The language then transitioned to “new normal” as the adoption of CDC regulations changed how patients entered into healthcare facilities or if they even needed to come in at all to get treatment now that telehealth was becoming a “new normal” way of receiving treatment.
For our clients, we use versions of “What is science telling us?” as a way to differentiate fact from fiction about the way treatment is administered and giving the comfort that comes along with factual stability.

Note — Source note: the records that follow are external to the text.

//! What a package knows of other packages by what its files name of them.

use crate::draft::{Draft, ForeignNames, Named};
use crate::fault::{Fault, NameFault};
use crate::gates::{check_attributes, stability_of};
use crate::mentions::{Mention, MentionKind};
use crate::names::Directory;
use crate::package_names::{bare_span, package_name};
use crate::tables::add_new;
use std::alloc::AllocError;
use wit_data::{
    AstItem, InterfaceId, Items, Names, PackageName, Stability, Text, TryClone, TypeDef,
    TypeDefKind, TypeId, TypeOwner, WorldId,
};
use wit_text::syntax::{PackagePath, Path, Renaming};

impl Draft {
    /// Adds the interfaces and worlds of other packages that are named, and the gates under which they are.
    pub fn add_foreign(&mut self, mentions: &[Mention<'_>]) -> Result<(), Fault> {
        for mention in mentions {
            if let Some(package) = &mention.path.package {
                self.add_foreign_item(mention, package)?;
            }
        }
        Ok(())
    }

    fn add_foreign_item(
        &mut self,
        mention: &Mention<'_>,
        package: &PackagePath,
    ) -> Result<(), Fault> {
        check_attributes(mention.gate, true)?;
        let source = mention.part.source;
        let gate = stability_of(self.allocator(), source, mention.gate)?;
        let name = package_name(self.allocator(), source, package)?;
        let place = match self.foreign_deps.get_index_of(&name) {
            Some(place) => place,
            None => self.add_foreign_package(name, package)?,
        };
        let known = self.foreign_item_at(place, mention.path.name.text(source));
        match known {
            Some(index) => Ok(self.add_gate(place, index, gate)?),
            None => Ok(self.add_new_item(mention, place, gate)?),
        }
    }

    /// Adds a package of which nothing is known. Answers its place.
    fn add_foreign_package(
        &mut self,
        name: PackageName,
        package: &PackagePath,
    ) -> Result<usize, AllocError> {
        let place = self.foreign_deps.len();
        if !self.foreign_deps.contains_key(&name) {
            self.foreign_dep_spans.push(bare_span(package))?;
            let none = Names::new(self.allocator());
            self.foreign_deps.push(name, none)?;
        }
        Ok(place)
    }

    /// Where a name stands among those of the other package at a place.
    fn foreign_item_at(&self, place: usize, name: &str) -> Option<usize> {
        let (_, items) = self.foreign_deps.get_index(place)?;
        items.get_index_of(name)
    }

    /// Adds a gate under which an interface or a world of another package is named.
    fn add_gate(&mut self, place: usize, index: usize, gate: Stability) -> Result<(), AllocError> {
        if place < self.foreign_deps.len() {
            push_gate(self.foreign_deps.value_at_mut(place), index, gate)?;
        }
        Ok(())
    }

    /// Adds an interface or a world of another package, and the gate under which it is named.
    fn add_new_item(
        &mut self,
        mention: &Mention<'_>,
        place: usize,
        gate: Stability,
    ) -> Result<(), AllocError> {
        let item = self.add_foreign_scope(mention)?;
        let mut gates = Items::new(self.allocator());
        gates.push(gate)?;
        let key = String::from_str(
            self.allocator(),
            mention.path.name.text(mention.part.source),
        )?;
        if place < self.foreign_deps.len() {
            add_new(self.foreign_deps.value_at_mut(place), key, (item, gates))?;
        }
        Ok(())
    }

    /// Adds an interface or a world of which the name alone is known.
    fn add_foreign_scope(&mut self, mention: &Mention<'_>) -> Result<AstItem, AllocError> {
        let span = mention.path.name.span;
        let name = Text::try_from_str(
            self.allocator(),
            mention.path.name.text(mention.part.source),
        )?;
        match &mention.kind {
            MentionKind::World => Ok(AstItem::World(self.add_world(name, span)?)),
            MentionKind::Use | MentionKind::Interface => {
                let id = self.add_interface(Some(name), span)?;
                Ok(AstItem::Interface(id))
            }
        }
    }

    /// Adds the types of other packages that are used.
    pub fn add_foreign_types(
        &mut self,
        directory: &Directory,
        mentions: &[Mention<'_>],
    ) -> Result<(), Fault> {
        for mention in mentions {
            if let MentionKind::Use = mention.kind {
                self.add_used_types(directory, mention)?;
            }
        }
        Ok(())
    }

    fn add_used_types(
        &mut self,
        directory: &Directory,
        mention: &Mention<'_>,
    ) -> Result<(), Fault> {
        check_attributes(mention.gate, false)?;
        let source = mention.part.source;
        let id = self.interface_at(directory, mention.file, source, mention.path)?;
        let found = directory.resolved(mention.file, source, mention.path);
        if found.package.is_none() {
            return Ok(());
        }
        let gate = stability_of(self.allocator(), source, mention.gate)?;
        for renaming in mention.names {
            self.add_unknown_type(id, source, renaming, &gate)?;
        }
        Ok(())
    }

    /// Adds a type of an interface of another package, where it isn't there yet.
    fn add_unknown_type(
        &mut self,
        id: InterfaceId,
        source: &str,
        renaming: &Renaming,
        gate: &Stability,
    ) -> Result<(), AllocError> {
        let text = renaming.name.text(source);
        if self.name_in(id, text).is_some() {
            return Ok(());
        }
        let name = Text::try_from_str(self.allocator(), text)?;
        let owner = TypeOwner::Interface(id);
        let stability = gate.try_clone()?;
        let mut def = TypeDef::new(Some(name), TypeDefKind::Unknown, owner);
        def.stability = stability;
        def.span = renaming.name.span;
        let made = self.add_type(def)?;
        self.unknown_type_spans.push(renaming.name.span)?;
        self.name_type(id, text, made)
    }

    /// Gives a type its name in an interface of another package.
    fn name_type(&mut self, id: InterfaceId, name: &str, ty: TypeId) -> Result<(), AllocError> {
        let key = String::from_str(self.allocator(), name)?;
        let index = id.index();
        if index < self.names.len() {
            add_new(self.names.at_mut(index), key, Named::Type_(ty))?;
        }
        let key = String::from_str(self.allocator(), name)?;
        if index < self.interfaces.len() {
            add_new(&mut self.interfaces.at_mut(index).types, key, ty)?;
        }
        Ok(())
    }

    /// The interface that a path of a file names.
    pub fn interface_at(
        &self,
        directory: &Directory,
        file: usize,
        source: &str,
        path: &Path,
    ) -> Result<InterfaceId, Fault> {
        match self.item_at(directory, file, source, path)? {
            AstItem::Interface(id) => Ok(id),
            AstItem::World(_) => {
                let (span, name) = (path.name.span, path.name.text(source));
                Err(Fault::name(self.allocator(), span, NameFault::NotAnInterface, name))
            }
        }
    }

    /// The world that a path of a file names.
    pub fn world_at(
        &self,
        directory: &Directory,
        file: usize,
        source: &str,
        path: &Path,
    ) -> Result<WorldId, Fault> {
        match self.item_at(directory, file, source, path)? {
            AstItem::World(id) => Ok(id),
            AstItem::Interface(_) => {
                let (span, name) = (path.name.span, path.name.text(source));
                Err(Fault::name(self.allocator(), span, NameFault::NotAWorld, name))
            }
        }
    }

    /// The interface or the world that a path of a file names.
    fn item_at(
        &self,
        directory: &Directory,
        file: usize,
        source: &str,
        path: &Path,
    ) -> Result<AstItem, Fault> {
        let found = directory.resolved(file, source, path);
        let name = found.name.text(source);
        let item = match &found.package {
            Some(package) => self.foreign_item(
                &package_name(self.allocator(), source, package)?,
                name,
            ),
            None => directory.item(name),
        };
        match item {
            Some(item) => Ok(item),
            None => {
                let (span, name) = (path.name.span, path.name.text(source));
                Err(Fault::name(self.allocator(), span, NameFault::NoItem, name))
            }
        }
    }

    /// The interface or the world of another package that has this name.
    fn foreign_item(&self, package: &PackageName, name: &str) -> Option<AstItem> {
        let items = self.foreign_deps.get(package)?;
        let (item, _) = items.get(name)?;
        Some(*item)
    }
}

/// Adds a gate to the item at an index.
fn push_gate(items: &mut ForeignNames, index: usize, gate: Stability) -> Result<(), AllocError> {
    if index < items.len() {
        items.value_at_mut(index).1.push(gate)?;
    }
    Ok(())
}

With the same quickness as COVID-19 messages were changing, so did our creative process. To react quickly, traditionally long creative approvals were set aside as well as lengthy production schedules. Our team leaped into action, bought media and produced three successful TV spots for one of our essential clients within two weeks, just one of the services provided to Enterhealth Ranch for a rapid response to COVID-19.

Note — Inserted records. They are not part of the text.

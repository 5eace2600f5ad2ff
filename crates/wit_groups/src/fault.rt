//! Why files aren't read as a group of packages.
ghost use Rattle.wit_groups.specs.Files.{HasFiles};

use std::alloc::{AllocError, Global};
use std::fmt;
use wit_data::{PackageName, SourceMap, Span, Text};
use wit_shape::ShapeFault;
use wit_text::{ReadFault, ReadFaultKind};

/// What is wrong with a name.
#[derive(Clone, Copy, Debug, PartialEq, Eq)]
pub enum NameFault {
    /// Two interfaces or worlds of a package have it.
    DuplicateItem,
    /// A file gives it to two things.
    DuplicateInFile,
    /// No interface and no world has it.
    NoItem,
    /// No type has it.
    NoType,
    /// Nothing has it.
    NoName,
    /// The former name of `f32`, which no type has.
    Float32,
    /// The former name of `f64`, which no type has.
    Float64,
    /// An interface or a world that needs itself.
    ItemDependsOnItself,
    /// A type that needs itself.
    TypeDependsOnItself,
    /// It is that of a world.
    NotAnInterface,
    /// It is that of an interface.
    NotAWorld,
    DefinedTwice,
    /// A type has it, and a `use` below takes it.
    DefinedAbove,
    ParameterTwice,
    FunctionTwice,
    /// An import or an export under a label that is taken.
    EntryConflict(EntrySide, EntrySort),
    /// A `use` names a function.
    UsedFunction,
    /// A type is named, and a function has the name.
    FunctionAsType,
    /// A handle is of a type that is no resource.
    NoResource,
}

/// On which side of a world an entry stands.
#[derive(Clone, Copy, Debug, PartialEq, Eq)]
pub enum EntrySide {
    Import,
    Export,
}

/// What an entry of a world is.
#[derive(Clone, Copy, Debug, PartialEq, Eq)]
pub enum EntrySort {
    Interface,
    Function,
    Type_,
}

/// A rule that a thing breaks.
#[derive(Clone, Copy, Debug, PartialEq, Eq)]
pub enum RuleFault {
    AttributesOnUse,
    DeprecatedAlone,
    UnsupportedAttributes,
    MisplacedExternalId,
    /// No file says of which package it is.
    NoPackage,
    NestedTooDeep,
    SecondDocs,
    SecondConstructor,
    EntryTwice(EntrySide),
    EmptyVariant,
    EmptyEnum,
    EmptyFlags,
    MapKey,
    ConstructorResult,
    ConstructorOk,
    /// A type whose part isn't there.
    MissingPart,
}

/// What is wrong with files.
#[derive(Drop)]
pub enum GroupFaultKind {
    /// A file isn't WIT.
    Syntax(ReadFaultKind),
    Name(NameFault, Text),
    Rule(RuleFault),
    /// A file says of another package than those before it that it is of it.
    OtherPackage {
        name: PackageName,
        previous: PackageName,
    },
    /// The package lacks its shape.
    Shape(ShapeFault),
}

/// Why files aren't read as a group of packages.
#[derive(Drop)]
pub enum GroupFault {
    /// What is wrong with the files and where in them, and the files. The span is unknown where they
    /// lack something as a whole.
    Text {
        source_map: SourceMap,
        span: Span,
        kind: GroupFaultKind,
    },
    OutOfMemory,
}

impl GroupFault {
    /// The words, and below them the place with its line, marked, as `SourceMap::highlight_span` shows it; the words alone
    /// where the place is unknown. The only error is want of memory.
    pub fn render(&self, alloc: Global) -> Result<String, AllocError> {
        match self {
            GroupFault::Text {
                source_map,
                span,
                kind,
            } => {
                let words = format!(in alloc; "{kind}")?;
                let shown = source_map.highlight_span(alloc, *span, words.as_str())?;
                Ok(shown.unwrap_or(words))
            }
            GroupFault::OutOfMemory => String::from_str(alloc, "out of memory"),
        }
    }
}

impl From<AllocError> for GroupFault {
    ghost use Rattle.std.specs.Prelude.{◌≡◌};
    ghost use Rattle.wit_groups.specs.declared.fault.GroupFault.TheVariants.{OutOfMemory};

    ghost from_gives = { λ _ fault. fault ≡ OutOfMemory };

    fn from(_refused: AllocError) -> GroupFault {
        GroupFault::OutOfMemory
    }
}

/// Why files aren't read, where in their source map: or want of memory.
#[derive(Drop)]
pub(crate) enum Fault {
    At(Span, GroupFaultKind),
    OutOfMemory,
}

impl Fault {
    /// A rule that a thing at a place breaks.
    pub fn rule(span: Span, rule: RuleFault) -> Fault {
        Fault::At(span, GroupFaultKind::Rule(rule))
    }

    /// What is wrong with a name at a place, or want of memory for it.
    pub fn name(alloc: Global, span: Span, fault: NameFault, name: &str) -> Fault {
        match Text::try_from_str(alloc, name) {
            Ok(name) => Fault::At(span, GroupFaultKind::Name(fault, name)),
            Err(refused) => Fault::from(refused),
        }
    }

    /// The fault of files, which it gives back.
    pub fn of_files(self, source_map: SourceMap) -> GroupFault
        ensures { HasFiles source_map result }
    {
        match self {
            Fault::At(span, kind) => GroupFault::Text {
                source_map,
                span,
                kind,
            },
            Fault::OutOfMemory => GroupFault::OutOfMemory,
        }
    }
}

impl From<AllocError> for Fault {
    ghost use Rattle.std.specs.Prelude.{◌≡◌};
    ghost use Rattle.wit_groups.specs.declared.fault.Fault.TheVariants.{OutOfMemory};

    ghost from_gives = { λ _ fault. fault ≡ OutOfMemory };

    fn from(_refused: AllocError) -> Fault {
        Fault::OutOfMemory
    }
}

impl From<ReadFault> for Fault {
    fn from(fault: ReadFault) -> Fault {
        match fault {
            ReadFault::At(span, kind) => Fault::At(span, GroupFaultKind::Syntax(kind)),
            ReadFault::OutOfMemory => Fault::OutOfMemory,
        }
    }
}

Being nimble and quick to adjust has given our clients the market visibility that is getting them successfully through this pandemic.

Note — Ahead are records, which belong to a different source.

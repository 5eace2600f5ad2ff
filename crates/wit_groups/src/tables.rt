//! Tables under names.

use std::alloc::AllocError;
use wit_data::Names;

/// Adds a value under a name where the name isn't there. The only error is want of memory.
pub(crate) fn add_new<V: Drop>(
    names: &mut Names<V>,
    name: String,
    value: V,
) -> Result<(), AllocError> {
    if names.contains_key(name.as_str()) {
        return Ok(());
    }
    names.push(name, value)
}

Point #3 – Don’t be afraid to jump on a new train
With the majority of people having sheltered in place, social media reached an all new high in consumption, particularly for adult women. As we know from our experience marketing to women, adult women are the primary healthcare decision makers for families.
Surprisingly, research showed us that Facebook, YouTube, and Instagram were consumed more than Twitter to source news about COVID-19 for our audience of adult women. Armed with this information, we looked at our clients’ level of posting and purchasing social media ads very differently.
In fact, we researched and bought on behalf of some of clients a Facebook behavioral product that created look-alike audiences to improve their lead generation results. Some clients using this product saw as much as a 50% improvement in qualified leads from the moment the new product was implemented.
For my B2B audience of physicians making referrals, we recommended using Doximity, a medical networking tool that showed a 42% adoption rate among physicians during this time. This exclusive physician-only social media platform proved to be a great way to generate awareness of some of our healthcare brands and led to a 23% increase in physician referrals for one.
When behaviors are changing and platforms are evolving, marketers should be going back to basics and evaluating how these platforms or new data can be leveraged successfully for your clients’ target audiences. The environment of healthcare marketing is changing on a dime, but it’s fresh and somewhat exciting to explore if you keep the right frame of mind and look for those new opportunities to take advantage.
This is your official reminder to “look at the science” of media consumption and don’t be afraid to test, through the real time digital platform, other channels that have altered during this unprecedented time. It might just give a nice lift to your brand.